To Wilfork’s point, the Cardinals are 8-2 in their last 10 games, with four of those coming in overtime. Kolb figures to start for the Cardinals after John Skelton injured his right ankle in the season-opening win over the Seahawks. Kolb was the QB who led the Cards down the field on a fourth-quarter go-ahead TD drive.
“He’s a good quarterback, let’s get that understood right now. But that whole offense, they have weapons, from the backs to the tight ends to the receivers, up front they know what they’re doing. He has a good supporting cast around him, too. Not taking anything away from him, because he is a good quarterback. We just have to do a good job of our game [plan], how we want to attack it. He made a lot of plays. Last week is came in the game and brought these guys back, so they have a lot of faith in him, and it’s for a reason. We see a lot of things on film that he poses a threat to, so we’re going to have to do a real good job defensively trying to slow him down.
“Our hands are full, definitely,” Wilfork said. “At the beginning of the year to play a team like this, it poses a lot of challenges and threats for us.”

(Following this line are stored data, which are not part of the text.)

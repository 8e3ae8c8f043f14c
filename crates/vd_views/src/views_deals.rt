//! What a host sees of a whole program of two hosts, by deal files. Nothing is computed here: the function's clauses are laws.

ghost use Rattle.vd_views.specs.Files.{FilesAreExplained, FilesShowEquallyMany};

/// Deal files that are long enough for a run are explained, where other inputs agree for a host, by files of the same lengths, of
/// which the host's own is the same. And of all files of these lengths by which the host sees what it sees, there are equally many
/// of both inputs.
pub fn deal_files_belong_to_each_other()
    ensures explained { FilesAreExplained }
    ensures equally_many { FilesShowEquallyMany }
{}
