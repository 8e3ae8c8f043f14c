//! Which word a dealt pair converts, as it is read off what stands behind the pair. Nothing is computed here: the function's clause is
//! a law.

ghost use Rattle.vd_views.specs.ReadOff.{PairsAreReadOff};

/// In the plan of every program, at whatever protocols, the two hosts that take a dealt pair, and their registers of the word that it
/// converts, can be read off the three gadgets that follow it: the first host makes a number, turns its part by
/// that, and then both mask their parts of that word.
pub fn pairs_are_read_off()
    ensures { PairsAreReadOff }
{}
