//! The command `compile SOURCE PREFIX early`.

ghost use Rattle.std.specs.Prelude.{◌≡◌, ◌≤◌, ◌++◌, codes, IfOk};
ghost use Rattle.vd_base.specs.Limits.{most_search_budget};
ghost use Rattle.vd_cmd_plan.specs.Plans.{Computes};
ghost use Rattle.vd_cmd_choice.specs.Choice.{IsChoiceIn, IsSelected, chosen_of};
ghost use Rattle.vd_cmd_compile_early.specs.Compiling.{ExecutesEarly, SomeOrder, early_at, early_for};
ghost use Rattle.vd_cmd.specs.Commands.{IsBudget};
ghost use Rattle.vd_cmd_compile_early.specs.Running.{KeepsOrder, RunsEarly};
ghost use Rattle.vd_cmd_compile_early.specs.Telling.{TellsPrograms, TellsSource, TellsText};

use std::alloc::{AllocError, Global};
use vd_base::Bytes;
use vd_cmd::EarlyWords;
use vd_cmd_choice::{ChosenSource, assignment_text, choice_of, load_source_program, no_assignment};
use vd_cmd_compile::files_of;
use vd_cmd_plan::{Answer, Status, finish};
use vd_core::Program;
use vd_hostcode::plan_of;
use vd_outside::{Files, Sink};
use vd_projection::split_early;
use vd_search_stages::Assignment;

/// What is printed, with the word for this order behind it.
fn marked(alloc: Global, printed: &[u8]) -> Result<Bytes, AllocError>
    ensures { IfOk result (λ text. text ≡ printed.now ++ codes "early by round\n") }
{
    let mut text = Bytes::from_slice(alloc, printed)?;
    text.extend_from_slice(b"early by round\n")?;
    Ok(text)
}

/// Stores the programs of all hosts in an order that waits less, and prints the choice.
fn compile_at(
    alloc: Global,
    program: &Program,
    assignment: &Assignment,
    text: &[u8],
    prefix: &str,
) -> Result<Answer, Status>
    requires { IsSelected program.now assignment.now }
    ensures computes { SomeOrder (λ joint. Computes (early_at program.now joint assignment.now text.now prefix.now) result) }
    ensures tells { TellsPrograms program.now text.now prefix.now result }
{
    let hosts = &program.form().hosts;
    let printed = assignment_text(alloc, program, assignment)?;
    let protocols = assignment.protocols.as_slice();
    let codes = split_early(alloc, program, protocols)?;
    let told = marked(alloc, printed.as_slice())?;
    let plan = plan_of(text, told.as_slice());
    let stores = files_of(alloc, hosts, prefix, plan, codes)?;
    Ok(Answer {
        status: Status::Ended,
        stores,
        printed,
    })
}

/// What `compile early` comes to with what was found for a source.
fn compile_choice(alloc: Global, found: ChosenSource, prefix: &str) -> Result<Answer, Status>
    requires { IsChoiceIn found.text found.choice }
    ensures computes { SomeOrder (λ joint. Computes (early_for joint found.text prefix.now (chosen_of found.choice)) result) }
    ensures tells { TellsText found.text prefix.now result }
{
    let ChosenSource { text, choice } = found;
    match &choice.assignment {
        Some(assignment) => compile_at(alloc, &choice.program, assignment, text.as_slice(), prefix),
        None => Ok(no_assignment(alloc, choice.program, choice.labels)),
    }
}

/// The command `compile` with the word `early`: the programs of all hosts of a source in an order that waits less, at its choice of
/// protocols, which is found with a search of at most so many prefixes.
fn compile_early<F: Files>(
    alloc: Global,
    files: &mut F,
    source: &str,
    prefix: &str,
    budget: u32,
) -> Result<Answer, Status>
    requires { budget ≤ most_search_budget }
    ensures executes { ExecutesEarly source.now prefix.now budget (F.view files.old) (F.view files.new) result }
    ensures tells { TellsSource source.now prefix.now (F.view files.old) result }
{
    let loaded = load_source_program(alloc, files, source)?;
    let choice = choice_of(alloc, loaded.program, budget)?;
    let found = ChosenSource {
        text: loaded.text,
        choice,
    };
    compile_choice(alloc, found, prefix)
}

/// Runs `compile SOURCE PREFIX early`: it stores the programs of all hosts in an order that waits less, and prints the choice.
pub fn run_early<F: Files, O: Sink>(
    alloc: Global,
    files: &mut F,
    out: &mut O,
    words: &EarlyWords,
) -> Status
    requires { IsBudget words.now.budget }
    ensures runs { RunsEarly words.now (F.view files.old) (F.view files.new) (O.view out.old) (O.view out.new) result }
    ensures keeps { KeepsOrder words.now (F.view files.old) (F.view files.new) (O.view out.old) (O.view out.new) result }
{
    let came = compile_early(
        alloc,
        files,
        words.source.as_str(),
        words.prefix.as_str(),
        words.budget,
    );
    finish(came, files, out)
}
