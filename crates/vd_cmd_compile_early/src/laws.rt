//! What is true of the plans by which programs know each other. Nothing is computed.

ghost use Rattle.vd_cmd_compile_early.specs.Plans.{PlansTell};

/// What is hashed for a plan tells what is printed of the choice of a source, and the source with one printed choice. Of sources of one
/// length it tells both; of others, one source would have to run on into what is printed for the other. Whatever sources and choices are,
/// it tells whether the programs are in program order or in an order that waits less.
pub fn plans_tell_source_choice_and_order()
    ensures { PlansTell }
{}
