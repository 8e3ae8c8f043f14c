//! The command `needs`.

ghost use Rattle.std.specs.Prelude.{◌≡◌, ◌≤◌, [], length, IfErr, IfOk, IfSome};
ghost use Rattle.vd_base.specs.Limits.{most_search_budget, most_source_bytes};
ghost use Rattle.vd_constraints.specs.Rules.{system_of};
ghost use Rattle.vd_constraints.specs.Satisfies.{IsLeast};
ghost use Rattle.vd_cmd.specs.declared.command.NeedsKind.TheVariants.{Each, Rounds, Sizes};
ghost use Rattle.vd_cmd_plan.specs.Plans.{Computes, ended};
ghost use Rattle.vd_projection.specs.Programs.{CanRunAt};
ghost use Rattle.vd_cmd_choice.specs.Choice.{IsSelected, chosen_of};
ghost use Rattle.vd_cmd_needs.specs.Needing.{ExecutesBytes, ExecutesNeeds, ExecutesText, IsNoSource, needs_answer, needs_text};
ghost use Rattle.vd_cmd_needs.specs.Telling.{IsNeedsOf, TellsBytes, TellsNeeds, TellsProgram, TellsText};

use crate::lines::{each_text, sizes_text};
use crate::program::{is_program, needs_in_host};
use crate::rounds_lines::rounds_text;
use std::alloc::{AllocError, Global};
use vd_base::limits::{HOST_FILE_BYTES, SOURCE_BYTES};
use vd_base::{Bytes, Items, Proto, Text};
use vd_cmd::{NeedsKind, NeedsWords};
use vd_cmd_choice::{Choice, choice_of, no_assignment, program_of};
use vd_cmd_plan::{Answer, Status, load};
use vd_core::Program;
use vd_deal_needs::{needs_of_program, sizes};
use vd_outside::Files;
use vd_projection::split;
use vd_search_stages::Assignment;

/// The answer that prints this and stores nothing.
pub(crate) fn printing(alloc: Global, printed: Bytes) -> Answer
    ensures { result ≡ ended [] printed }
{
    Answer {
        status: Status::Ended,
        stores: Items::new(alloc),
        printed,
    }
}

/// How much to deal for the hosts of a program at an assignment of protocols.
fn sizes_at(alloc: Global, program: &Program, protocols: &[Proto]) -> Result<Bytes, AllocError>
    requires { CanRunAt program.now protocols.now }
    ensures { IfOk result (λ text. text ≡ needs_text Sizes program.now protocols.now) }
{
    let needs = needs_of_program(alloc, program, protocols)?;
    let list = needs.as_slice();
    sizes_text(alloc, sizes(list))
}

/// What each host and each two hosts of a program take at an assignment of protocols.
fn each_at(alloc: Global, program: &Program, protocols: &[Proto]) -> Result<Bytes, AllocError>
    requires { CanRunAt program.now protocols.now }
    ensures { IfOk result (λ text. text ≡ needs_text Each program.now protocols.now) }
{
    let needs = needs_of_program(alloc, program, protocols)?;
    let list = needs.as_slice();
    each_text(alloc, &program.form().hosts, list)
}

/// What each host of a program tells each other one at an assignment of protocols.
fn rounds_at(alloc: Global, program: &Program, protocols: &[Proto]) -> Result<Bytes, AllocError>
    requires { CanRunAt program.now protocols.now }
    ensures { IfOk result (λ text. text ≡ needs_text Rounds program.now protocols.now) }
{
    let codes = split(alloc, program, protocols)?;
    let list = codes.as_slice();
    let form = program.form();
    rounds_text(alloc, &form.hosts, list)
}

/// The text of what the hosts of a program need at an assignment of protocols.
fn needs_text(
    alloc: Global,
    program: &Program,
    protocols: &[Proto],
    kind: NeedsKind,
) -> Result<Bytes, AllocError>
    requires { CanRunAt program.now protocols.now }
    ensures { IfOk result (λ text. text ≡ needs_text kind program.now protocols.now) }
{
    match kind {
        NeedsKind::Sizes => sizes_at(alloc, program, protocols),
        NeedsKind::Each => each_at(alloc, program, protocols),
        NeedsKind::Rounds => rounds_at(alloc, program, protocols),
    }
}

/// Prints what the hosts of a program take at its choice of protocols.
fn needs_at(
    alloc: Global,
    program: &Program,
    assignment: &Assignment,
    kind: NeedsKind,
) -> Result<Answer, Status>
    requires { IsSelected program.now assignment.now }
    ensures computes { Computes (ended [] (needs_text kind program.now assignment.now.protocols)) result }
    ensures tells { IfOk result (λ answer. IsNeedsOf kind program.now answer.printed) }
{
    let _form = program.form();
    let protocols = assignment.protocols.as_slice();
    let printed = needs_text(alloc, program, protocols, kind)?;
    Ok(printing(alloc, printed))
}

/// What `needs` comes to with what was found for a source.
fn needs_choice(alloc: Global, choice: Choice, kind: NeedsKind) -> Result<Answer, Status>
    requires least { IsLeast (system_of choice.program) choice.labels }
    requires selected { IfSome choice.assignment (IsSelected choice.program) }
    ensures computes { Computes (needs_answer kind (chosen_of choice)) result }
    ensures tells { TellsProgram kind choice.program result }
{
    match &choice.assignment {
        Some(assignment) => needs_at(alloc, &choice.program, assignment, kind),
        None => Ok(no_assignment(alloc, choice.program, choice.labels)),
    }
}

/// Refuses a text that is too long for a source: the program of a host may be longer.
fn expect_short(alloc: Global, name: &str, bytes: &[u8]) -> Result<(), Status>
    ensures refused { IfErr result (IsNoSource name.now bytes.now) }
    ensures short { IfOk result (λ done. length bytes.now ≤ most_source_bytes) }
{
    if bytes.len() > SOURCE_BYTES as usize {
        let name = Text::copy_of(alloc, name)?;
        return Err(Status::TooLong(name, SOURCE_BYTES));
    }
    Ok(())
}

/// What `needs` does with the text of a source.
fn needs_in_text(alloc: Global, words: &NeedsWords, bytes: &[u8]) -> Result<Answer, Status>
    requires { words.now.budget ≤ most_search_budget }
    ensures executes { ExecutesText words.now bytes.now result }
    ensures tells { TellsText words.now bytes.now result }
{
    expect_short(alloc, words.file.as_str(), bytes)?;
    let program = program_of(alloc, bytes)?;
    let choice = choice_of(alloc, program, words.budget)?;
    needs_choice(alloc, choice, words.kind)
}

/// What `needs` does with the bytes of a file.
fn needs_in_bytes(alloc: Global, words: &NeedsWords, bytes: &[u8]) -> Result<Answer, Status>
    requires { words.now.budget ≤ most_search_budget }
    ensures executes { ExecutesBytes words.now bytes.now result }
    ensures tells { TellsBytes words.now bytes.now result }
{
    if is_program(bytes) {
        needs_in_host(alloc, bytes, words.kind)
    } else {
        needs_in_text(alloc, words, bytes)
    }
}

/// The commands `needs` and `rounds`: how much to deal for a source at its choice of protocols; with `each` how many inputs and items
/// each host and each two hosts take at most; or how much each host tells each other one. Of the program of a host, which is told by its
/// first word, it prints what that host takes, or tells; `each` and the budget make no difference there.
pub fn needs<F: Files>(alloc: Global, files: &mut F, words: &NeedsWords) -> Result<Answer, Status>
    requires { words.now.budget ≤ most_search_budget }
    ensures executes { ExecutesNeeds words.now (F.view files.old) (F.view files.new) result }
    ensures tells { TellsNeeds words.now (F.view files.old) result }
{
    let bytes = load(alloc, files, words.file.as_str(), HOST_FILE_BYTES)?;
    needs_in_bytes(alloc, words, bytes.as_slice())
}
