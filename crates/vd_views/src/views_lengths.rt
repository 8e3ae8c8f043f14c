//! What who is on the way learns: how long the packets of hosts are. Nothing is computed here: each function's clauses are laws.

ghost use Rattle.vd_views.specs.OnTheWay.{LengthsFollowCode, LengthsFollowPrograms, LengthsTellWays};

/// Where nobody sends in a branch, the lengths of all packets that a host sends another one, in order, are a function of the
/// program alone, whatever the inputs, the deal and the schedule are. Where hosts do send in branches, two runs that take the same
/// way at each of these send packets of the same lengths: so the lengths tell these ways, and nothing else.
pub fn lengths_tell_ways_alone()
    ensures code { LengthsFollowCode }
    ensures programs { LengthsFollowPrograms }
    ensures ways { LengthsTellWays }
{}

When Wilfork watches the Cardinals on tape this week he sees a lot of familiar schemes in the Arizona offense, not surprising since Ken Whisenhunt ran the Steelers offense when he was in Pittsburgh with Bill Cowher. And Russ Grimm, a hall of famer with the Redskins, is their offensive line coach.
“They have a good coaching staff, great,” Wilfork said. “You can see the way they play the game, the kids that they have now, they play it the same way, hard-nose football. Every down counts, every second counts. Definitely the background ‘¦ it’s tough. it’s a tough football team. Don’t get me wrong, They’re very, very tough because they do so many things well.”